Stored data:
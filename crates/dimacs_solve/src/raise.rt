//! Dealing out what exceeds the lower bounds: the cheapest arcs are filled first.

ghost use Rattle.std.specs.{Prelude.{◌≡◌, ◌<◌, ◌≤ℤ◌, List, length, ℕ, pos}, List.{All}};
ghost use Rattle.dimacs_claims.specs.declared.place.Entry.{Entry};
ghost use Rattle.dimacs_instance.specs.MinFlows.{HasBounds};
ghost use Rattle.dimacs_solve.specs.{inside.ArcsByCost.{AreByCost}, inside.Rests.{AddUp, AreLows, AreRests}};
ghost use Rattle.dimacs_solve.specs.inside.Raised.{AreDealt, AreWithin, IsMore, IsRaised};

use crate::arcs_by_cost::ArcOfCost;
use crate::arcs_by_ends::ArcsByEnds;
use dimacs_network::Network;

/// Raises the arcs in this order, from their lower bounds.
pub(crate) fn raise_all<N: Network>(
    arcs: &ArcsByEnds<'_, N>,
    order: &[ArcOfCost],
    rests: &mut [i128],
    amounts: &mut [i64],
)
    requires bounds { All HasBounds arcs.now }
    requires by_cost { AreByCost arcs.now order.now }
    requires rests { (so_many : ℕ) × AreRests arcs.now so_many rests.old }
    requires lows { AreLows arcs.now (length arcs.now) amounts.old }
    ensures dealt { AreDealt arcs.now rests.new amounts.new }
    ensures sums { (entries : List Entry) → AddUp arcs.now entries rests.old amounts.old → AddUp arcs.now entries rests.new amounts.new }
{
    for place in order {
        raise(arcs, place.arc, rests, amounts);
    }
}

/// Raises an arc by as much of the rest between its ends as its capacity allows.
fn raise<N: Network>(arcs: &ArcsByEnds<'_, N>, arc: u32, rests: &mut [i128], amounts: &mut [i64])
    requires bounds { All HasBounds arcs.now }
    requires known { arc < length arcs.now }
    requires rests { length rests.old ≡ length arcs.now }
    requires amounts { AreWithin arcs.now amounts.old }
    ensures { IsRaised arcs.now arc rests.old amounts.old rests.new amounts.new }
{
    let first = arcs.first_parallel(arc) as usize;
    let residual = arcs.arc(arc).cap - amounts[arc as usize];
    let more = more_of(rests[first], residual);
    rests[first] -= i128::from(more);
    amounts[arc as usize] += more;
}

/// The part of a rest that fits the residual capacity; 0 if the rest is negative.
fn more_of(rest: i128, residual: i64) -> i64
    requires { pos 0 ≤ℤ residual }
    ensures { IsMore rest residual result }
{
    if rest < 0 {
        0
    } else if rest < i128::from(residual) {
        rest as i64
    } else {
        residual
    }
}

WHAT YOU SHOULD DO
Copy every line from the records that holds the string "IsRaised".

EXPECTED ANSWER
ghost use Rattle.dimacs_solve.specs.inside.Raised.{AreDealt, AreWithin, IsMore, IsRaised};
    ensures { IsRaised arcs.now arc rests.old amounts.old rests.new amounts.new }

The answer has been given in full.